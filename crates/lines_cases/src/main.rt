// Reads settings lines, call lines and shot lines, good and bad, and prints what was found; then prints answers; then reads printed lines back, and prints
// what each tells, or 14.
// A call that is read is told as an answer's line: t, the operation's number, the draw as 16 hex digits, the rate, n, and where its key lies.
// So is a shot, with its own number in n's place.
#![tactic(auto)]

use lines::Op;
use printing::{Answer, AnswerLine};
use std::io;

fn write(rt: &impl Print, out: &[u8], n: usize) -> io::Result<()> {
    if n <= out.len() {
        return rt.write_all(&out[..n]);
    }
    Ok(())
}

fn say(rt: &impl Print, line: AnswerLine) -> io::Result<()> {
    let mut out = [0u8; 256];
    let n = printing::print(line, &mut out);
    write(rt, &out, n)?;
    println!(rt)
}

fn number_of(op: Op) -> u64 {
    match op {
        Op::AbsoluteInc => 1,
        Op::AbsoluteGet => 2,
        Op::SuppressedInc => 3,
        Op::SuppressedGet => 4,
    }
}

fn call(rt: &impl Print, line: &[u8]) -> io::Result<()> {
    match lines::read_call(line) {
        Some(l) => {
            say(
                rt,
                AnswerLine {
                    t: l.t,
                    code: number_of(l.op),
                    answer: Answer::Value,
                    factor: l.draw,
                    wait: l.rate,
                    left: l.n,
                    total: l.start as u64,
                    declined: l.end as u64,
                },
            )
        }
        None => { println!(rt; "bad") }
    }
}

fn shot(rt: &impl Print, line: &[u8]) -> io::Result<()> {
    match shot_lines::read_shot(line) {
        Some(l) => {
            say(
                rt,
                AnswerLine {
                    t: l.t,
                    code: 0,
                    answer: Answer::Value,
                    factor: l.draw,
                    wait: l.rate,
                    left: l.number,
                    total: l.start as u64,
                    declined: l.end as u64,
                },
            )
        }
        None => { println!(rt; "bad") }
    }
}

fn settings(rt: &impl Print, line: &[u8]) -> io::Result<()> {
    match lines::read_settings(line) {
        Some(l) => {
            say(
                rt,
                AnswerLine {
                    t: l.window,
                    code: 0,
                    answer: Answer::Value,
                    factor: 0,
                    wait: l.bucket,
                    left: l.factor,
                    total: l.cache,
                    declined: 0,
                },
            )
        }
        None => { println!(rt; "bad") }
    }
}

fn all_settings(rt: &impl Print) -> io::Result<()> {
    settings(rt, b"window=10 bucket=100 factor=2 cache=100")?;
    settings(
        rt,
        b"window=0 bucket=0 factor=9007199254740992 cache=18446744073709551615",
    )?;
    settings(
        rt,
        b"window=10 bucket=100 factor=9007199254740993 cache=100",
    )?;
    settings(
        rt,
        b"window=10 bucket=100 factor=2 cache=18446744073709551616",
    )?;
    settings(rt, b"window=10 factor=2 bucket=100 cache=100")?;
    settings(rt, b"window=10 bucket=100 factor=2")?;
    settings(rt, b"")
}

fn good_calls(rt: &impl Print) -> io::Result<()> {
    call(rt, b"t=0 op=sinc key=a rate=60 n=8 draw=0")?;
    call(
        rt,
        b"t=1700 op=sinc key=a rate=60 n=5 draw=4503599627370496",
    )?;
    call(rt, b"t=11700 op=sget key=a rate=0 n=0 draw=0")?;
    call(
        rt,
        b"t=1 op=ainc key=zebra9 rate=9007199254740992 n=1 draw=18446744073709551615",
    )?;
    call(
        rt,
        b"t=2 op=aget key=abcdefghijklmnopqrstuvwxyz012345 rate=1 n=1 draw=1",
    )
}

fn bad_calls(rt: &impl Print) -> io::Result<()> {
    call(rt, b"")?;
    call(rt, b"t=0 op=sinc key=a rate=60 n=8 draw=0\r")?;
    call(rt, b"t=0 op=sinc key=a rate=60 n=8 draw=0 ")?;
    call(rt, b"t=0  op=sinc key=a rate=60 n=8 draw=0")?;
    call(rt, b"t=00 op=sinc key=a rate=60 n=8 draw=0")?;
    call(rt, b"t=0 op=sinc key=a rate=060 n=8 draw=0")?;
    call(
        rt,
        b"t=18446744073709551616 op=sinc key=a rate=60 n=8 draw=0",
    )?;
    call(rt, b"t=0 op=sinc key=a rate=9007199254740993 n=8 draw=0")?;
    call(rt, b"t=0 op=sinc key=A rate=60 n=8 draw=0")?;
    call(rt, b"t=0 op=sinc key= rate=60 n=8 draw=0")?;
    call(
        rt,
        b"t=0 op=sinc key=abcdefghijklmnopqrstuvwxyz0123456 rate=60 n=8 draw=0",
    )?;
    call(rt, b"t=0 op=inc key=a rate=60 n=8 draw=0")?;
    call(rt, b"t=0 op=sinc key=a n=8 rate=60 draw=0")?;
    call(rt, b"t=0 op=sinc key=a rate=60 n=8")?;
    call(rt, b"t= op=sinc key=a rate=60 n=8 draw=0")?;
    call(rt, b"t=-1 op=sinc key=a rate=60 n=8 draw=0")
}

fn good_shots(rt: &impl Print) -> io::Result<()> {
    shot(rt, b"t=0 ctl=a shot=17 rate=60 draw=0")?;
    shot(
        rt,
        b"t=1700 ctl=abcdefghijklmnopqrstuvwxyz012345 shot=0 rate=0 draw=4503599627370496",
    )?;
    shot(
        rt,
        b"t=18446744073709551615 ctl=9 shot=18446744073709551615 rate=9007199254740992 draw=1",
    )
}

fn bad_shots(rt: &impl Print) -> io::Result<()> {
    shot(rt, b"")?;
    shot(rt, b"t=0 op=sinc key=a rate=60 n=8 draw=0")?;
    shot(rt, b"t=0 ctl=a shot=17 rate=60 draw=0 ")?;
    shot(rt, b"t=0 ctl=a shot=17 rate=60")?;
    shot(rt, b"t=0 ctl=a rate=60 shot=17 draw=0")?;
    shot(rt, b"t=0 shot=17 ctl=a rate=60 draw=0")?;
    shot(rt, b"t=0 key=a shot=17 rate=60 draw=0")?;
    shot(rt, b"t=0 ctl=a shot=017 rate=60 draw=0")?;
    shot(rt, b"t=0 ctl=a shot=18446744073709551616 rate=60 draw=0")?;
    shot(rt, b"t=0 ctl=a shot=17 rate=9007199254740993 draw=0")?;
    shot(rt, b"t=0 ctl= shot=17 rate=60 draw=0")?;
    shot(
        rt,
        b"t=0 ctl=abcdefghijklmnopqrstuvwxyz0123456 shot=17 rate=60 draw=0",
    )
}

fn answer(rt: &impl Print, t: u64, answer: Answer, factor: u64, total: u64) -> io::Result<()> {
    say(
        rt,
        AnswerLine {
            t,
            code: 0,
            answer,
            factor,
            wait: 0,
            left: 0,
            total,
            declined: 5,
        },
    )
}

fn answers(rt: &impl Print) -> io::Result<()> {
    answer(rt, 0, Answer::Allowed, 0, 8)?;
    answer(rt, 1700, Answer::No, 4602678819172646912, 15)?;
    answer(rt, 11700, Answer::Value, 4599676419421066582, 15)?;
    answer(
        rt,
        1,
        Answer::Rejected,
        18446744073709551615,
        18446744073709551615,
    )?;
    answer(rt, 2, Answer::Yes, 11259375, 10)?;
    answer(rt, 3, Answer::Refused, 0, 9)?;
    answer(rt, 4, Answer::Held, 0, 7)
}

fn back(rt: &impl Print, line: &[u8]) -> io::Result<()> {
    match readback::read_line(line) {
        Ok(l) => { say(rt, told::line_of(l)) }
        Err(_) => { println!(rt; "14") }
    }
}

fn good_lines(rt: &impl Print) -> io::Result<()> {
    back(
        rt,
        b"t=0 code=0 answer=allowed factor=0000000000000000 wait=0 left=0 total=8 declined=5",
    )?;
    back(
        rt,
        b"t=3000 code=0 answer=rejected factor=0000000000000000 wait=7000 left=6 total=10 declined=0",
    )?;
    back(
        rt,
        b"t=1700 code=0 answer=no factor=3fe0000000000000 wait=0 left=0 total=15 declined=5",
    )?;
    back(
        rt,
        b"t=2 code=0 answer=yes factor=0000000000000001 wait=0 left=0 total=9007199254740992 declined=9007199254740992",
    )?;
    back(
        rt,
        b"t=18446744073709551615 code=0 answer=value factor=3ff0000000000000 wait=0 left=0 total=15 declined=5",
    )?;
    back(
        rt,
        b"t=0 code=0 answer=rejected factor=0000000000000000 wait=18446744073709551615 left=18446744073709551615 total=0 declined=0",
    )?;
    back(
        rt,
        b"t=0 code=1 answer=refused factor=0000000000000000 wait=0 left=0 total=0 declined=0",
    )?;
    back(
        rt,
        b"t=1699 code=6 answer=refused factor=0000000000000000 wait=0 left=0 total=0 declined=0",
    )?;
    back(
        rt,
        b"t=7 code=13 answer=refused factor=0000000000000000 wait=0 left=0 total=0 declined=0",
    )?;
    back(
        rt,
        b"t=0 code=14 answer=refused factor=0000000000000000 wait=0 left=0 total=0 declined=0",
    )
}

fn bad_forms(rt: &impl Print) -> io::Result<()> {
    back(rt, b"")?;
    back(
        rt,
        b"t=0 code=0 answer=allowed factor=0000000000000000 wait=0 left=0 total=8 declined=5\n",
    )?;
    back(
        rt,
        b"t=0 code=0 answer=allowed factor=0000000000000000 wait=0 left=0 total=8 declined=5\r",
    )?;
    back(
        rt,
        b"t=0 code=0 answer=allowed factor=0000000000000000 wait=0 left=0 total=8 declined=5 ",
    )?;
    back(
        rt,
        b"t=0  code=0 answer=allowed factor=0000000000000000 wait=0 left=0 total=8 declined=5",
    )?;
    back(
        rt,
        b"t=0code=0 answer=allowed factor=0000000000000000 wait=0 left=0 total=8 declined=5",
    )?;
    back(
        rt,
        b"t=00 code=0 answer=allowed factor=0000000000000000 wait=0 left=0 total=8 declined=5",
    )?;
    back(
        rt,
        b"t=18446744073709551616 code=0 answer=allowed factor=0000000000000000 wait=0 left=0 total=8 declined=5",
    )?;
    back(
        rt,
        b"t=1700 code=0 answer=no factor=3FE0000000000000 wait=0 left=0 total=15 declined=5",
    )?;
    back(
        rt,
        b"t=1700 code=0 answer=no factor=3fe000000000000 wait=0 left=0 total=15 declined=5",
    )?;
    back(
        rt,
        b"t=1700 code=0 answer=no factor=3fe00000000000000 wait=0 left=0 total=15 declined=5",
    )?;
    back(
        rt,
        b"t=0 code=0 answer=held factor=0000000000000000 wait=0 left=0 total=7 declined=5",
    )?;
    back(
        rt,
        b"t=0 code=0 answer=never factor=0000000000000000 wait=0 left=0 total=7 declined=5",
    )?;
    back(
        rt,
        b"t=0 code=0 answer=allowed factor=0000000000000000 wait=0 left=0 total=8",
    )
}

fn out_of_range(rt: &impl Print) -> io::Result<()> {
    back(
        rt,
        b"t=1700 code=0 answer=no factor=3ff0000000000001 wait=0 left=0 total=15 declined=5",
    )?;
    back(
        rt,
        b"t=1700 code=0 answer=no factor=8000000000000000 wait=0 left=0 total=15 declined=5",
    )?;
    back(
        rt,
        b"t=1700 code=0 answer=value factor=7ff8000000000000 wait=0 left=0 total=15 declined=5",
    )?;
    back(
        rt,
        b"t=0 code=0 answer=allowed factor=0000000000000000 wait=0 left=0 total=8 declined=9",
    )?;
    back(
        rt,
        b"t=0 code=0 answer=allowed factor=0000000000000000 wait=0 left=0 total=9007199254740993 declined=0",
    )?;
    back(
        rt,
        b"t=1 code=14 answer=refused factor=0000000000000000 wait=0 left=0 total=0 declined=0",
    )?;
    back(
        rt,
        b"t=1 code=4 answer=refused factor=0000000000000000 wait=0 left=0 total=0 declined=0",
    )?;
    back(
        rt,
        b"t=0 code=15 answer=refused factor=0000000000000000 wait=0 left=0 total=0 declined=0",
    )?;
    back(
        rt,
        b"t=0 code=0 answer=refused factor=0000000000000000 wait=0 left=0 total=0 declined=0",
    )?;
    back(
        rt,
        b"t=0 code=5 answer=allowed factor=0000000000000000 wait=0 left=0 total=8 declined=5",
    )?;
    back(
        rt,
        b"t=0 code=0 answer=allowed factor=0000000000000000 wait=1 left=0 total=8 declined=5",
    )?;
    back(
        rt,
        b"t=0 code=0 answer=allowed factor=3fe0000000000000 wait=0 left=0 total=8 declined=5",
    )?;
    back(
        rt,
        b"t=0 code=5 answer=refused factor=0000000000000000 wait=0 left=0 total=8 declined=5",
    )?;
    back(
        rt,
        b"t=0 code=0 answer=value factor=0000000000000000 wait=0 left=3 total=8 declined=5",
    )
}

fn main(rt: HostRuntime) -> io::Result<()> {
    all_settings(&rt)?;
    good_calls(&rt)?;
    bad_calls(&rt)?;
    good_shots(&rt)?;
    bad_shots(&rt)?;
    answers(&rt)?;
    good_lines(&rt)?;
    bad_forms(&rt)?;
    out_of_range(&rt)
}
§ §
◆ Task requirements
Exactly the lines from the one holding "code=15 answer=refused factor=0000000000000000" through the end of the records above are to be returned, and nothing else.

◆ Answer for this exercise
        b"t=0 code=15 answer=refused factor=0000000000000000 wait=0 left=0 total=0 declined=0",
    )?;
    back(
        rt,
        b"t=0 code=0 answer=refused factor=0000000000000000 wait=0 left=0 total=0 declined=0",
    )?;
    back(
        rt,
        b"t=0 code=5 answer=allowed factor=0000000000000000 wait=0 left=0 total=8 declined=5",
    )?;
    back(
        rt,
        b"t=0 code=0 answer=allowed factor=0000000000000000 wait=1 left=0 total=8 declined=5",
    )?;
    back(
        rt,
        b"t=0 code=0 answer=allowed factor=3fe0000000000000 wait=0 left=0 total=8 declined=5",
    )?;
    back(
        rt,
        b"t=0 code=5 answer=refused factor=0000000000000000 wait=0 left=0 total=8 declined=5",
    )?;
    back(
        rt,
        b"t=0 code=0 answer=value factor=0000000000000000 wait=0 left=3 total=8 declined=5",
    )
}

fn main(rt: HostRuntime) -> io::Result<()> {
    all_settings(&rt)?;
    good_calls(&rt)?;
    bad_calls(&rt)?;
    good_shots(&rt)?;
    bad_shots(&rt)?;
    answers(&rt)?;
    good_lines(&rt)?;
    bad_forms(&rt)?;
    out_of_range(&rt)
}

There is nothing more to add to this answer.